A Practical Example for Geolocation

Geolocation

A post this week on Jordan Wright’s blog has generated quite a bit of discussion here at Imperva on the subject of industrial hacking. Jordan talks about a large number of attempts (at least one of which, early on, was successful) to compromise a web server by exploiting a vulnerability in ElasticSearch. What really set this article apart was the inclusion of detailed logs from an ElasticSearch honeypot designed to capture as much information about the attackers as possible. It’s fairly rare for a researcher to include this level of information in an easily consumed format (JSON) so I decided to download the logs and take a closer look.

Based on the discussions we were having and some of Jordan’s own conclusions, I started with the geolocation data. Clearly some regions are more over-represented than others, which is not an uncommon experience for web application defenders. As reported in the blog, the attack geolocation data is heavily skewed by one particular country:

Number of Attacks Percentage of Overall Attacks Country
7400 95.16% China
337 4.33% United States
15 0.19% Hong Kong
8 0.10% Netherlands
5 0.06% United Kingdom
3 0.04% Germany
2 0.03% Spain
2 0.03% Denmark
2 0.03% Canada
1 0.01% Russian Federation
1 0.01% Romania
7776 TOTAL

The data raises a very obvious question, one which many of our customers consider during their WAF implementations once they see similar patterns emerging in their own alerts – should they block requests from countries which appear to be repeat offenders? One of the ThreatRadar threat intelligence services which we include with Imperva SecureSphere Web Application Firewall is a mapping of IP address space to country names, i.e. a geolocation feed. Once ThreatRadar is enabled, every alert is tagged with the geolocation of the source IP:

geolocation02

While this is interesting information at the individual alert level, the real value of geolocation emerges when these geolocation tags are aggregated across alert data sets, such as in this report I generated at a customer site a few years ago:

chart

The “blocks” referred to in the report are attacks which the WAF detected and blocked.

Running the source IP addresses in those ElasticSearch honeypot logs through our ThreatRadar feeds also came up with numerous hits in the Malicious IP feed, and one for Comment Spam. Given that our feeds are updated many times each day, but these attacks occurred two months ago, there is clearly some long-term offending from some of these IP addresses. So why not block them? If over 95% of occurrences of a certain type of attack emanate from one geography, and some of these IP addresses are long term offenders, why not block that whole geography at your perimeter?

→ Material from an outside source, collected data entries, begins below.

//! Tests of the subsystems at other points that are prohibited.

ghost use Rattle.std.specs.Prelude.{◌≡◌, ◌≤◌, take};
ghost use Rattle.sccp_relay.specs.SubsystemTests.{test_field, test_selection};

use crate::answering::write_said;
use crate::subsystem::Subsystem;
use mtp3_codec::Label;
use sccp_codec::{Field, ManagementKind, SubsystemManagement};
use signalling_types::{Limits, PointCode, Sls};

/// The link selection of a test.
pub(crate) fn test_selection() -> Sls
    ensures { result ≡ test_selection }
{
    Sls::of_low_bits(0)
}

/// Writes the signalling information field of a test of a subsystem at the front of the field that is lent, and returns
/// how many octets it has: an SST about the subsystem in a UDT of class 0, from SCCP management of this point to that
/// of its own (Q.713 §5, Q.714 §5.3.4).
pub fn write_test(own: PointCode, subsystem: &Subsystem, field: &mut Field) -> usize
    ensures text { take result field.new ≡ test_field own subsystem.now }
    ensures label { 4 ≤ result }
    ensures fits { result ≤ Limits.SIF_OCTETS }
{
    let test = SubsystemManagement {
        kind: ManagementKind::SubsystemStatusTest,
        ssn: subsystem.ssn,
        point: subsystem.point,
        multiplicity: 0,
    };
    let label = Label {
        dpc: subsystem.point,
        opc: own,
        sls: test_selection(),
    };
    let Some(count) = write_said(subsystem.point, own, label, &test, field) else {
        unreachable!()
    };
    count
}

Many of my customers already have the ability to put a geolocation wall, like the Jerusalem city wall in my photo below, in front of their web applications. None of them do it, because that ability is provided by devices like IPS and Next Generation Firewalls which do not provide the granularity needed to avoid false positives. It’s an all-or-nothing proposition. An enterprise WAF which understands the layout of the web application and can easily differentiate between a request to the main page and a request to the admin portal login gives defenders the flexibility they need with the power of geolocation. To continue the theme of medieval defenses, it looks more like the medieval entry way into Sighișoara citadel at the top of this blog. 

building

It’s a good example of a controlled entry point where requests which pass the outer line of defense (geolocation) can still be inspected before being allowed in (those apertures above the lane weren’t for waving at the people passing below). That’s exactly how our WAF works, too.

Finally, a word on attribution. Just because 95% of the ElasticSearch attacks emanated from IP addresses in Chinese address space does not necessarily mean that those attacks were generated by Chinese nationals. Industrial hacking rules: the entire Internet can be scanned in six minutes, and if you’re not able to scan it yourself there are companies who will do it for you and give you access to the results for a modest charge (sometimes for free). Our job as defenders does not always require us to identify exactly who is attacking us, but if we can significantly reduce our alert load by blocking certain types of connections from certain geographies without creating false positives, we’ve made it easier for ourselves to focus on the attacks that really matter.